§ Information supplied:
-=-=-
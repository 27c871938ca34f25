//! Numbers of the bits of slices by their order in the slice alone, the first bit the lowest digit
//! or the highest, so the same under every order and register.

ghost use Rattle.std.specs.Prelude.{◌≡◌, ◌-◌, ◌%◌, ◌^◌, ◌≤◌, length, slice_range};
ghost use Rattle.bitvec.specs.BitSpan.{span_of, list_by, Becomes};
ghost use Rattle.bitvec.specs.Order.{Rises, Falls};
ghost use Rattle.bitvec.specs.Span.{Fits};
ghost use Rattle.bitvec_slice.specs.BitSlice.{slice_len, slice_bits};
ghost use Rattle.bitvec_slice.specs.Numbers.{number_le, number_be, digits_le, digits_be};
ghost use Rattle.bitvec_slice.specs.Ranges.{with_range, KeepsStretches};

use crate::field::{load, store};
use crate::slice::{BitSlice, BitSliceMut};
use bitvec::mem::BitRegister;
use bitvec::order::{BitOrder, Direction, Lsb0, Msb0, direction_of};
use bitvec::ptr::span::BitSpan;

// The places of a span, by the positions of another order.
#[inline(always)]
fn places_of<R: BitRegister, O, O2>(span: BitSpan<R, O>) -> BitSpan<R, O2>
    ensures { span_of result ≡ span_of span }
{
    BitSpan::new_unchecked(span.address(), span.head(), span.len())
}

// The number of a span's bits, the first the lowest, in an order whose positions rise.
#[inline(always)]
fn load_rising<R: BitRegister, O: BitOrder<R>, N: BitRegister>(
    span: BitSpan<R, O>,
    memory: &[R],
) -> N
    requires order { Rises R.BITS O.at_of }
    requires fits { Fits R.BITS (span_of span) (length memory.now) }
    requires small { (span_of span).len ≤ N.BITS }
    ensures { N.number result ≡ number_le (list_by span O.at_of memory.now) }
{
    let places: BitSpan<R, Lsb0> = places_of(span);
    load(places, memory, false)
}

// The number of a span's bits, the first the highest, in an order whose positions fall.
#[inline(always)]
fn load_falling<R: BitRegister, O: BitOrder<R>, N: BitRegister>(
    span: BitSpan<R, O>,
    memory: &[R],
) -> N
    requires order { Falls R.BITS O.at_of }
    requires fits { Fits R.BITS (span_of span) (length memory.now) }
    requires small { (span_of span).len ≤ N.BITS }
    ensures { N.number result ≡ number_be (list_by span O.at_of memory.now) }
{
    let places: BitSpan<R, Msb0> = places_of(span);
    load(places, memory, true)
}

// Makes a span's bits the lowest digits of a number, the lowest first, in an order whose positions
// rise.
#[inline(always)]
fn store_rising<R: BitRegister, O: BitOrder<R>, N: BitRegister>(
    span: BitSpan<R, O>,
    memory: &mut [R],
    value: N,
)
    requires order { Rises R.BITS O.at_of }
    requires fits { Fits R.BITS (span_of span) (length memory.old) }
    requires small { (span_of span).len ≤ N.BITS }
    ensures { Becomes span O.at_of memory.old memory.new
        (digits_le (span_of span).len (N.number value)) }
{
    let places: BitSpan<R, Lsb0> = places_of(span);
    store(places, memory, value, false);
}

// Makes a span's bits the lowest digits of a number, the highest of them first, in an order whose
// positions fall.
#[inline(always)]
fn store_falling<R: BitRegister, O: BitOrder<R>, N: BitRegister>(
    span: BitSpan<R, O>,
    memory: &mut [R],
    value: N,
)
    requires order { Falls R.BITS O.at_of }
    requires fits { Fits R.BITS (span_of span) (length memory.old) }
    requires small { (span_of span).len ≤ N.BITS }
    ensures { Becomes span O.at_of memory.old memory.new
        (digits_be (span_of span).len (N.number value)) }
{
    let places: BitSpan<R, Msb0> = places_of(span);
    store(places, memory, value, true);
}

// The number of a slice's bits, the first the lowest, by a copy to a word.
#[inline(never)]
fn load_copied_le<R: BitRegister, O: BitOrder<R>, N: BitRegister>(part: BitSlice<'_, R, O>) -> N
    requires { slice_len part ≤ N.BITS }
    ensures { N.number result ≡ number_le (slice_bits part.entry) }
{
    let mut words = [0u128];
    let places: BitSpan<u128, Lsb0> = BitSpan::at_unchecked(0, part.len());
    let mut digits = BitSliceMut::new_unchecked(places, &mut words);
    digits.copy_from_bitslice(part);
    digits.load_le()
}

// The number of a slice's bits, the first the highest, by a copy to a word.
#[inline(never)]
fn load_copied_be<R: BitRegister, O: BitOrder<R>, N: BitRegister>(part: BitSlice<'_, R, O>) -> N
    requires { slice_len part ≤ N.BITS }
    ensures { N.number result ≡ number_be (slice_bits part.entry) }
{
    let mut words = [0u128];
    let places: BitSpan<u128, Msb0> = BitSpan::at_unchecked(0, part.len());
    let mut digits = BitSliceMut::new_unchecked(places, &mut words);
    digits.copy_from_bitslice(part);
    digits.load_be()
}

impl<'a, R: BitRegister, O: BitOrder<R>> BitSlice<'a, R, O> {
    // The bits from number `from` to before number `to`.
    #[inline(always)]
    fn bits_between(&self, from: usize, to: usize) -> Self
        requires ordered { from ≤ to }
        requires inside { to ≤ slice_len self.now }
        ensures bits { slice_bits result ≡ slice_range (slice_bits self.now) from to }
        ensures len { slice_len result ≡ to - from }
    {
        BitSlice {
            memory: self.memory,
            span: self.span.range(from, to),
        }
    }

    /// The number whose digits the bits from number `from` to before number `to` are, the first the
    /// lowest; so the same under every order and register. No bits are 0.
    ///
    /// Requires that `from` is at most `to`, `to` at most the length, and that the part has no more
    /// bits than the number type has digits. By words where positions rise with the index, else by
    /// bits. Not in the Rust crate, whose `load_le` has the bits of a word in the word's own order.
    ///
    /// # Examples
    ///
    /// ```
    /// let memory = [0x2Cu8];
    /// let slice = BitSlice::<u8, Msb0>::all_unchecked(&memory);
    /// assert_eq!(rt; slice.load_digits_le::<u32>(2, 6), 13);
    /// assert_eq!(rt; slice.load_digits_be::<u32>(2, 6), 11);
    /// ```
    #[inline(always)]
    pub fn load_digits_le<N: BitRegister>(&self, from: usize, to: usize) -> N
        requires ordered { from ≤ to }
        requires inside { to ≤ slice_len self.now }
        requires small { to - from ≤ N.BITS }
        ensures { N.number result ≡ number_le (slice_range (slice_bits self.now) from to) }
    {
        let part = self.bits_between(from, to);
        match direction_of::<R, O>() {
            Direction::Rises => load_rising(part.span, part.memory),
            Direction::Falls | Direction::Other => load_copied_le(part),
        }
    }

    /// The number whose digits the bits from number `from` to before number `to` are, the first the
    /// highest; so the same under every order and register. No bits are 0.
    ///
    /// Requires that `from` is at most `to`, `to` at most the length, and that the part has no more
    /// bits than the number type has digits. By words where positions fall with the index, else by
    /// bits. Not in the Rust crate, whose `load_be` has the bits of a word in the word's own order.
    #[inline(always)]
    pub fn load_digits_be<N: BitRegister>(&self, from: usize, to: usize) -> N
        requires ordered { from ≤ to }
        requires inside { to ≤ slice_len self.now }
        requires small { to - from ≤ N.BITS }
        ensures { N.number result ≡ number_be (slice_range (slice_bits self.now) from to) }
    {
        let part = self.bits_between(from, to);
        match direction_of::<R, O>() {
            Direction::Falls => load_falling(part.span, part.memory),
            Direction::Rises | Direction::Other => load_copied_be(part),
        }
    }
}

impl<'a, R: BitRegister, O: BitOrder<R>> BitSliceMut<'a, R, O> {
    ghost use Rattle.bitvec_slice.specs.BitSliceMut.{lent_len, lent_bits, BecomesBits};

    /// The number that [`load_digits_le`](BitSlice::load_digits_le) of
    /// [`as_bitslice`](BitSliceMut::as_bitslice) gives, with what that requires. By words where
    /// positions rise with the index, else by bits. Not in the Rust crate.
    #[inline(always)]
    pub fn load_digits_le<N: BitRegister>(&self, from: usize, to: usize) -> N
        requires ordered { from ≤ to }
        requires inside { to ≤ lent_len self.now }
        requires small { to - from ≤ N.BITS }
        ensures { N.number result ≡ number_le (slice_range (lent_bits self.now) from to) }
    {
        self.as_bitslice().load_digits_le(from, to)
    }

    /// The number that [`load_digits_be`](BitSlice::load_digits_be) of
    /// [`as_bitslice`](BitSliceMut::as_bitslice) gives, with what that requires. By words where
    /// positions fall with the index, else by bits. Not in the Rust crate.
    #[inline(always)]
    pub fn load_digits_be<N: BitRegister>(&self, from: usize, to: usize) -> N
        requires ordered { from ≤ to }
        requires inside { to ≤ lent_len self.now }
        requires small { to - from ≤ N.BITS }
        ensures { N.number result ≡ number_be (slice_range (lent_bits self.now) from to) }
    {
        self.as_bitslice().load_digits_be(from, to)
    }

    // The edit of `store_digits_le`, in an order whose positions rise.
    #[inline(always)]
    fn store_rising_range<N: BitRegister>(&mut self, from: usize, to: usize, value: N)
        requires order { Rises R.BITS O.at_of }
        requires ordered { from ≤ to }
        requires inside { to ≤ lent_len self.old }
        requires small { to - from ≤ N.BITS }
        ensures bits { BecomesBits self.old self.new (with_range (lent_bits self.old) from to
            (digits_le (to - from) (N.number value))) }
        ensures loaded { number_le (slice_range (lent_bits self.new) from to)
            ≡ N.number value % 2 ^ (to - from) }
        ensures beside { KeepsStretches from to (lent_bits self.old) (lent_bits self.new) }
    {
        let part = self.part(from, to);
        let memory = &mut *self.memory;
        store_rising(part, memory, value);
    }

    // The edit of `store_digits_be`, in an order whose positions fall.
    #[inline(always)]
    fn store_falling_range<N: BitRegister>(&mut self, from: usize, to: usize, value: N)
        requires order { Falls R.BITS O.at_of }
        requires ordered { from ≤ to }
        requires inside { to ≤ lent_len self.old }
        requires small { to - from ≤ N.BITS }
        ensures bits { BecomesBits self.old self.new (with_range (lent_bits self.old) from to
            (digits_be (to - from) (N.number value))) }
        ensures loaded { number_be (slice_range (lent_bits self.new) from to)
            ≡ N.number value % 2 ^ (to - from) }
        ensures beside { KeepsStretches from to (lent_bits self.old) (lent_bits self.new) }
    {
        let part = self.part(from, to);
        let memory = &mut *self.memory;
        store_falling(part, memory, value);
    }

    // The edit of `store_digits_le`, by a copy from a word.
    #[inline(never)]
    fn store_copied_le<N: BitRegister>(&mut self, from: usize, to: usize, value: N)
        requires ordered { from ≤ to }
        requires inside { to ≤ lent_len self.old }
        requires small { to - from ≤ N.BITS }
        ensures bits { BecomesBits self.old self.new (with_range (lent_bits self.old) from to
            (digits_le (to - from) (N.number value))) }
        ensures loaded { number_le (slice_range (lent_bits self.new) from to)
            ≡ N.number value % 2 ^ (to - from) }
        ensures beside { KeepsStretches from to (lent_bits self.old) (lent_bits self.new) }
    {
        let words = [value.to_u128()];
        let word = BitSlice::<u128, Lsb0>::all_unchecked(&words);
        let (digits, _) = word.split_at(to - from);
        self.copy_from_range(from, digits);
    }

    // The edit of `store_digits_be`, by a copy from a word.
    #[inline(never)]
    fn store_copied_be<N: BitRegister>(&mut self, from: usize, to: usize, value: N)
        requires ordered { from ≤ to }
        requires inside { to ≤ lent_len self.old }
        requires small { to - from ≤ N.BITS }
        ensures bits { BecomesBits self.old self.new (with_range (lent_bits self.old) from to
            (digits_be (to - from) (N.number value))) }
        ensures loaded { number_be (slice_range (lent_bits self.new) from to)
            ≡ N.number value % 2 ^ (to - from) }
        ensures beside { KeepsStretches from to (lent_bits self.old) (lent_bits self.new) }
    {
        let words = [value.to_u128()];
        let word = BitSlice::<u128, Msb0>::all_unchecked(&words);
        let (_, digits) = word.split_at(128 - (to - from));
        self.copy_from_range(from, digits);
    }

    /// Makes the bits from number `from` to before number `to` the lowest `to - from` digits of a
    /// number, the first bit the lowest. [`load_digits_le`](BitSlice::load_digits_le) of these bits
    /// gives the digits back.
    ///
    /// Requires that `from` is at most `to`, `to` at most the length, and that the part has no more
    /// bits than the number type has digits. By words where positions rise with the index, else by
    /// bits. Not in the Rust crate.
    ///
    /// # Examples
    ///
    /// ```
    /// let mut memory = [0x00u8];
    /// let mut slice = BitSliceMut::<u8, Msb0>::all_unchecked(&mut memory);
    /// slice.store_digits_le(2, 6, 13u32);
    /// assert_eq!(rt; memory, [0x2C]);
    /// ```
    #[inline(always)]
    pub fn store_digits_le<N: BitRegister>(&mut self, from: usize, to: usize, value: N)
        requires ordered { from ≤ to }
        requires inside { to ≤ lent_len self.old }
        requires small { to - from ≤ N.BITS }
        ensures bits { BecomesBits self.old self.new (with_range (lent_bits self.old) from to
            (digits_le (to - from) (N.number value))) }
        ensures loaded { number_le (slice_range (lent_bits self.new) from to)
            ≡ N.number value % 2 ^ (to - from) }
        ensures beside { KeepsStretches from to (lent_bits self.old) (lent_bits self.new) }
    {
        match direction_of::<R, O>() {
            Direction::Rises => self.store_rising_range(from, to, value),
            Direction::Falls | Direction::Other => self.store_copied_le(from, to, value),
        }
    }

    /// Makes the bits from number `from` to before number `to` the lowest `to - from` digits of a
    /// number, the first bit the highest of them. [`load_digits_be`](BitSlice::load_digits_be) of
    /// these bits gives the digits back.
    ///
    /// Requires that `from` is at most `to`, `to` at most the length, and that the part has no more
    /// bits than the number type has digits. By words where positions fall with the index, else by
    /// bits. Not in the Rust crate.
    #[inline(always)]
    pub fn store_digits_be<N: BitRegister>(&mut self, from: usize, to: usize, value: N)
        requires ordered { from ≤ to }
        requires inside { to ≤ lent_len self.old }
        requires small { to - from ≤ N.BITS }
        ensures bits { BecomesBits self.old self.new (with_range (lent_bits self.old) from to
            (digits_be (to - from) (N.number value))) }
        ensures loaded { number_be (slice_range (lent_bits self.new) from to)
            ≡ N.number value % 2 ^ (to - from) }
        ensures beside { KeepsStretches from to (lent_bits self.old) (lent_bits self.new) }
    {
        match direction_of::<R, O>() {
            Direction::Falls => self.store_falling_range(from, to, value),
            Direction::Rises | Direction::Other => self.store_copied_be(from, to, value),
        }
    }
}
-=-=-
§ Activity: Work out how many lines of the entries hold the word "specs", and write only that figure.

§ Solution to this problem: 8